Other researchers find Simpson’s ideas quite novel. Before Simpson, no one seems to have thought very much about organisms’ physical experience of being in the ocean during Snowball Earth, said Nick Butterfield of the University of Cambridge, who studies the evolution of early life. He cheerfully noted, however, that “Carl’s idea is fringe.” That’s because the vast majority of theories about Snowball Earth’s influence on the evolution of multicellular animals, plants and algae focus on how levels of oxygen, inferred from isotope levels in rocks, could have tipped the scales in one way or another, he said.

That novelty is a strength, said the geobiologist Jochen Brocks of the Australian National University. However, in his assessment, Simpson’s hypothesis makes a few logical leaps that don’t hold up. It’s not clear that the earliest animals would have been swimming freely in water, Brocks said. Some of the first fossils that can be confidently called “animals” were anchored on the ocean floor.

Perhaps more importantly, the timeline of animal origins is very uncertain. Some estimates suggest that the Snowball Earth period might line up with the last common ancestor of animals. But these are based on molecular inferences from DNA that are hard to confirm, Brocks said. In his opinion, it’s difficult to say how much importance to assign to this era. Butterfield also remarked on this uncertainty: “There’s no evidence of anything getting large until quite a bit after [Snowball Earth].”

That said, Brocks found Simpson’s experiment quite clever and beautiful. The fact that organisms might respond to high viscosity by developing collective behavior deserves to be better understood, he said — whether Snowball Earth led to the evolution of complex animal life or not.
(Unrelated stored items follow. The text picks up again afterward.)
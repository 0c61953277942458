//! A replica's journal, with the setup that it is read by.

ghost use Rattle.std.specs.Prelude.{◌≡◌, All, IfOk};
ghost use Rattle.restart_journal.specs.Pieces.{CanBePut};

use restart_journal::{RecoverFault, Recovered, recover};
use run_model::Config;
use std::alloc::Global;
use std::test::Fail;
use tact_base::NoMemory;
use tact_io::{Journal, JournalFail, MemJournal};

/// The journal of replica 1 of two on one conit. Each is boxed, since a box is let go in one step.
#[derive(Drop)]
pub(crate) struct Journaled {
    alloc: Global,
    config: Config,
    journal: MemJournal,
}

impl Journaled {
    /// An empty one, of which these calls fail.
    pub(crate) fn new(alloc: Global, fails: &[JournalFail]) -> Result<Box<Journaled>, Fail> {
        let journaled = Journaled {
            alloc,
            config: Config::new(alloc, 2, 1, &[10; 2], &[0, 10, 4, 0])?,
            journal: MemJournal::new(alloc, fails)?,
        };
        Ok(Box::new(alloc, journaled)?)
    }

    /// Puts a piece at its end.
    pub(crate) fn put(&mut self, piece: &[u8]) -> Result<(), Fail> {
        self.journal.make_room(1, piece.len() as u64)?;
        self.journal.append(piece)?;
        Ok(())
    }

    /// What it gives back.
    pub(crate) fn recovered(&mut self) -> Result<Box<Recovered>, RecoverFault>
        ensures { IfOk result (λ made. All CanBePut made.value.stored) }
    {
        let _replicas = self.config.replicas();
        let made = recover(self.alloc, &self.config, 1, &mut self.journal)?;
        Ok(boxed(self.alloc, made)?)
    }

    // How many entries it gives back.
    fn count(&mut self) -> Result<usize, RecoverFault> {
        let made = self.recovered()?;
        Ok(made.stored.len())
    }

    /// Whether it gives back so many entries.
    pub(crate) fn gives(&mut self, count: usize) -> bool {
        self.count() == Ok(count)
    }

    /// Whether it is refused so.
    pub(crate) fn fails(&mut self, fault: RecoverFault) -> bool {
        self.count() == Err(fault)
    }
}

fn boxed(alloc: Global, made: Recovered) -> Result<Box<Recovered>, NoMemory>
    ensures { IfOk result (λ boxed. boxed.value ≡ made) }
{
    Ok(Box::new(alloc, made)?)
}
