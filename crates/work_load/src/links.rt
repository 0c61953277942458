//! The links of a workload.
ghost use Rattle.std.specs.Prelude.{◌≡◌, ◌<◌, ◌==◌, IfOk, option_map, map, length, Ok, Err, find};
ghost use Rattle.std.specs.List.{list_any};
ghost use Rattle.serde_json.specs.View.{view};
ghost use Rattle.work_load.specs.Entries.{Tells};
ghost use Rattle.work_load.specs.Links.{link, link_after, plan_by, plans_of};

use crate::entries::{Counts, Entry};
use crate::fault::EntryFault;
use crate::values::{both, listed, natural, number_below};
use link_faults::LinkPlan;
use run_model::LoadKind;
use serde_json::Value;
use std::alloc::Global;
use tact_base::{Items, NoMemory};

/// The greatest number of a link: it names the puts whose number it divides.
pub const EVERY_MAX: u64 = 1_000_000;

/// What the inbox of a replica does with what is put.
#[derive(Clone, Copy, Debug)]
pub(crate) struct Link {
    /// The replica.
    pub(crate) to: u32,
    /// What its inbox does.
    pub(crate) plan: LinkPlan,
}

impl Entry for Link {
    ghost read_after = { λ counts. link_after counts.replicas };

    ghost fits = { λ counts before link. Unit {0} };

    fn read_after(
        _alloc: Global,
        counts: Counts,
        before: &[Self],
        value: &Value,
    ) -> Result<Self, EntryFault> {
        Ok(link_after(before, value, counts.replicas)?)
    }
}

#[tactic(auto, unfolding(crate::specs::Links::link_after))]
fn link_after(before: &[Link], value: &Value, replicas: u32) -> Result<Link, LoadKind>
    requires { 0 < replicas }
    ensures { result ≡ link_after replicas before.now (view value.now) }
{
    let next = link_in(value, replicas)?;
    if leads_to(before, next.to) {
        return Err(LoadKind::Twice);
    }
    Ok(next)
}

// Whether one of the links leads to an inbox.
fn leads_to(links: &[Link], to: u32) -> bool
    ensures { result ≡ list_any (λ link. link.to == to) links.now }
{
    links.iter().any(|link| link.to == to)
}

#[tactic(auto, unfolding(crate::specs::Links::link))]
fn link_in(value: &Value, replicas: u32) -> Result<Link, LoadKind>
    requires { 0 < replicas }
    ensures { result ≡ link replicas (view value.now) }
{
    let [to, lose, double, turn] = listed(value)? else {
        return Err(LoadKind::Shape);
    };
    let lose = natural(lose, 0, EVERY_MAX);
    let double = natural(double, 0, EVERY_MAX);
    let turn = natural(turn, 0, EVERY_MAX);
    let front = both(number_below(to, replicas), lose);
    let ((to, lose), (double, turn)) = both(front, both(double, turn))?;
    let plan = LinkPlan { lose, double, turn };
    Ok(Link { to, plan })
}

// The link that leads to an inbox, if there is one.
fn link_to(links: &[Link], to: u32) -> Option<&Link>
    ensures { option_map (λ link. link.now) result ≡ find (λ link. link.to == to) links.now }
{
    links.iter().find(|link| link.to == to)
}

fn plan_of(links: &[Link], to: u32) -> LinkPlan
    ensures { result ≡ plan_by (find (λ link. link.to == to) links.now) }
{
    match link_to(links, to) {
        Some(link) => link.plan,
        None => LinkPlan::default(),
    }
}

/// What each inbox does with what is put, by replica.
pub(crate) fn plans_of(
    alloc: Global,
    links: &[Link],
    replicas: u32,
) -> Result<Items<LinkPlan>, NoMemory>
    ensures plans { IfOk result (λ plans. plans ≡ plans_of replicas links.now) }
    ensures length { IfOk result (λ plans. length plans ≡ replicas) }
{
    let mut plans = Items::with_capacity(alloc, replicas as usize)?;
    for to in 0..replicas {
        plans.push(plan_of(links, to))?;
    }
    Ok(plans)
}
“Putting this into our repertoire of thinking about why these things evolved — that is the value of the entire thing,” he said. “It doesn’t matter if it was Snowball Earth. It doesn’t matter if it happened before or after. Just the idea that it can happen, and happen quickly.”

Brocks is curious about what would happen if a similar experiment were performed with choanoflagellates, little creatures that are more closely related to animals than algae are. They rely entirely on hunting to get food — they can’t photosynthesize — so they would be especially vulnerable to slowdowns caused by high viscosity. If they started to take on multicellular forms under those conditions, that would suggest that Simpson’s results represent a more general truth about how life responds to its environment. “It would be absolutely ultra-exciting,” he said.

Simpson is, in fact, currently working with choanoflagellates. Right now, he is trying to understand how they live.

“They’re really beautiful and complicated creatures,” he said. They can take on many different forms: There are fast swimmers with long flagella, slow swimmers that meander, ones that stick to a surface to grow. “They can grow these little tendrils off the tip and walk around like on stilts; they have sex, and they fuse, and they form chain colonies and rosette colonies … and if you squeeze them, apparently they’ll lose their flagella and turn into an amoeba,” he said. When it comes to responding to the challenges of a radical new environment, he reflected, “they’ve got a lot to work with.”